Tom Brady's 2019 Season Decline Headlined by His Worst Stretch of Performances in the Past Decade

Colton Dodgson
Tom Brady and the Patriots lost the Chiefs, 23-16, in Week 14.
Tom Brady and the Patriots lost the Chiefs, 23-16, in Week 14. / Maddie Meyer/Getty Images

The New England Patriots are in uncharted territory for a 10-3 team. They've now lost two of their last three games, posting an average scoring margin of -3.0 points per contest during that span.

That's worse than 22 other NFL teams during that same stretch.

Much time has been spent discussing the likely culprit for the offensive vulnerability in New England.
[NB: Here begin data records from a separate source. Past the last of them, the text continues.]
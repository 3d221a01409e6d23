// Where two pages differ (document 02, E10).
//
//   next_from    the first position from one on at which two pages differ outside the mark
//
// Positions are counted as in Bits: position p of a page is byte p / 8, bit 7 - p mod 8. The tail counts, the mark's bytes do not. Equal
// bytes are passed over whole. specs/Differences.antt has the definitions; proofs/ the laws: Passing (positions passed over), Listing (asking
// for the next position again and again lists every one of them, ascending).
#![tactic(auto)]

ghost use Rattle.std.specs.Prelude.{◌≡◌, get_or, eqb};
ghost use Rattle.mark.specs.Mark.{marked};
ghost use Rattle.differences.specs.Differences.{differs, next};
ghost use Rattle.differences.specs.Passing.{Passed};

use bits::read::bit_at;
use mark::Mark;

// Whether a page position lies in the mark.
fn is_marked(mark: Mark, p: usize) -> bool
    ensures { result ≡ marked mark p }
{
    let start = 8 * mark.offset as usize;
    let end = 8 * (mark.offset as usize + mark.length as usize);
    if p < start {
        return false;
    }
    p < end
}

// Whether the pages differ at a position.
fn differs_at(mark: Mark, first: &[u8], second: &[u8], p: usize) -> bool
    ensures { result ≡ differs mark first.now second.now p }
{
    if is_marked(mark, p) {
        return false;
    }
    let a = bit_at(first, p);
    let b = bit_at(second, p);
    a != b
}

// Byte i of a page; 0 past its end.
fn byte_of(page: &[u8], i: usize) -> u8
    ensures { result ≡ get_or page.now i 0 }
{
    page.get(i).copied().unwrap_or(0)
}

// Whether byte i is the same in both pages.
fn same_byte(first: &[u8], second: &[u8], i: usize) -> bool
    ensures { result ≡ eqb (get_or first.now i 0) (get_or second.now i 0) }
{
    let a = byte_of(first, i);
    let b = byte_of(second, i);
    a == b
}

// How many positions from p on may be passed over: a byte that is the same in both pages, or one position; none where the pages differ at p.
fn passed(mark: Mark, first: &[u8], second: &[u8], p: usize) -> usize
    ensures { Passed mark first.now second.now p result }
{
    if p % 8 == 0 {
        if same_byte(first, second, p / 8) {
            return 8;
        }
    }
    if differs_at(mark, first, second, p) {
        return 0;
    }
    1
}

// The first position from `from` on at which two pages of `size` bytes differ outside the mark, if there is one. Of a page that is shorter the bits that it
// lacks count as 0; what stands behind `size` bytes is not looked at.
pub fn next_from(mark: Mark, size: u16, first: &[u8], second: &[u8], from: usize) -> Option<usize>
    ensures { result ≡ next mark size first.now second.now from }
{
    let end = 8 * size as usize;
    let mut p = from;
    while p < end {
        let step = passed(mark, first, second, p);
        if step == 0 {
            return Some(p);
        }
        p += step;
    }
    None
}
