// Reading runs of the stream: their zeros counted, their bits copied.
ghost use Rattle.std.specs.Prelude.{◌≡◌, ◌++◌, ◌+◌, ◌*◌, ◌≤◌, length};
ghost use Rattle.bits.specs.Bits.{run, placed, Inside};
ghost use Rattle.mark.specs.Mark.{stream_bit, InStream};
ghost use Rattle.code.specs.Word.{zeros_to};
ghost use Rattle.payload.specs.Payload.{Small, Joined};

use bit_writing::copy::copy_bits;
use mark::{Mark, near, place};
use payload::copy_to;
use zeros::zeros_to;

// The zeros of n bits of the stream from position `at` on, counted no further than a limit.
pub fn zeros_in(mark: Mark, page: &[u8], at: usize, n: usize, limit: usize) -> usize
    requires { InStream mark page.now at n }
    ensures { result ≡ zeros_to limit (run (stream_bit mark page.now) at n) }
{
    let first = near(mark, at, n);
    if first == n {
        return zeros_to(page, at, n, limit);
    }
    let beyond = place(mark, at + first);
    let found = zeros_to(page, at, first, limit);
    let more = zeros_to(page, beyond, n - first, limit - found);
    found + more
}

// Copies n bits of the stream, from its position `at` on, to the start of a word.
pub fn copy_word(mark: Mark, page: &[u8], at: usize, word: &mut [u8], n: usize)
    requires { (InStream mark page.now at n) × (Inside word.old 0 n) }
    ensures { word.new ≡ placed word.old 0 (run (stream_bit mark page.now) at n) }
{
    let first = near(mark, at, n);
    if first == n {
        copy_bits(page, at, word, 0, n);
        return;
    }
    let beyond = place(mark, at + first);
    copy_bits(page, at, word, 0, first);
    copy_bits(page, beyond, word, first, n - first);
}

// Copies n bits of the stream, from its position `at` on, to a position of the payload.
pub fn copy_out(
    mark: Mark,
    page: &[u8],
    at: usize,
    metadata: &mut [u8],
    data: &mut [u8],
    position: usize,
    n: usize,
)
    requires in_stream { (InStream mark page.now at n) × (Small metadata.old «data».old) }
    requires n_bound { position + n ≤ 8 * (length metadata.old + length «data».old) }
    ensures { Joined metadata.old «data».old metadata.new «data».new
        (placed (metadata.old ++ «data».old) position (run (stream_bit mark page.now) at n)) }
{
    let first = near(mark, at, n);
    if first == n {
        copy_to(page, at, metadata, data, position, n);
        return;
    }
    let beyond = place(mark, at + first);
    copy_to(page, at, metadata, data, position, first);
    copy_to(page, beyond, metadata, data, position + first, n - first);
}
The loss of Rob Gronkowski could certainly be playing a role, as can the inexperience of the team's skill-position players.
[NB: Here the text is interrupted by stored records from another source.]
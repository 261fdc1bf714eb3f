//! Bytes written as pairs of hexadecimal digits.
#![tactic(auto)]

ghost use Rattle.std.specs.Prelude.{◌≡◌, ◌<◌, IfOk, IfSome};
ghost use Rattle.hexadecimal.specs.Hexadecimal.{digit_of, byte_of, decoded};

use std::alloc::{AllocError, Global};

/// What a lower-case digit stands for.
fn digit(code: u8) -> Option<u8>
    ensures value { result ≡ digit_of code }
    ensures small { IfSome result (λ digit. digit < 16) }
{
    match code {
        b'0'..=b'9' => Some(code - b'0'),
        b'a'..=b'f' => Some(code - b'a' + 10),
        _ => None,
    }
}

/// The byte that a pair of digits writes.
fn byte(pair: &[u8; 2]) -> Option<u8>
    ensures { result ≡ byte_of pair.now }
{
    let [high, low] = *pair;
    Some(digit(high)? * 16 + digit(low)?)
}

/// The bytes that pairs of digits write, from the front; a pair that is none is left out, and so is
/// an odd last digit.
// Not by `hex` of the toolchain, which also takes upper case, and refuses any text with such a pair or digit.
pub fn decode(heap: Global, text: &str) -> Result<Vec<u8>, AllocError>
    ensures { IfOk result (λ bytes. bytes.items ≡ decoded text.now) }
{
    let (pairs, _) = text.as_bytes().as_chunks();
    pairs.iter().filter_map(byte).collect(heap)
}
At the end of the day, though, how much of the struggle can be attributed to the regression of Tom Brady?

Brady's expected points added (EPA) per play figure has been well below the league median since early November. In fact, since his MVP season in 2017, Brady's EPA has continued to follow a downward trajectory, save for a few spikes in production.

Supporting cast can definitely play a role in a quarterbacks' ability to orchestrate successful drives and therefore directly impact his EPA. At the same time, though, no one can play at an MVP-caliber level forever.

No one knows what the future holds for Brady and the Patriots. It would be very Brady-esque for him to turn around next season, or even in the playoffs, with a revamped offense and march through the AFC yet again.

It's also possible, though, that we might just be witnessing the end of an era.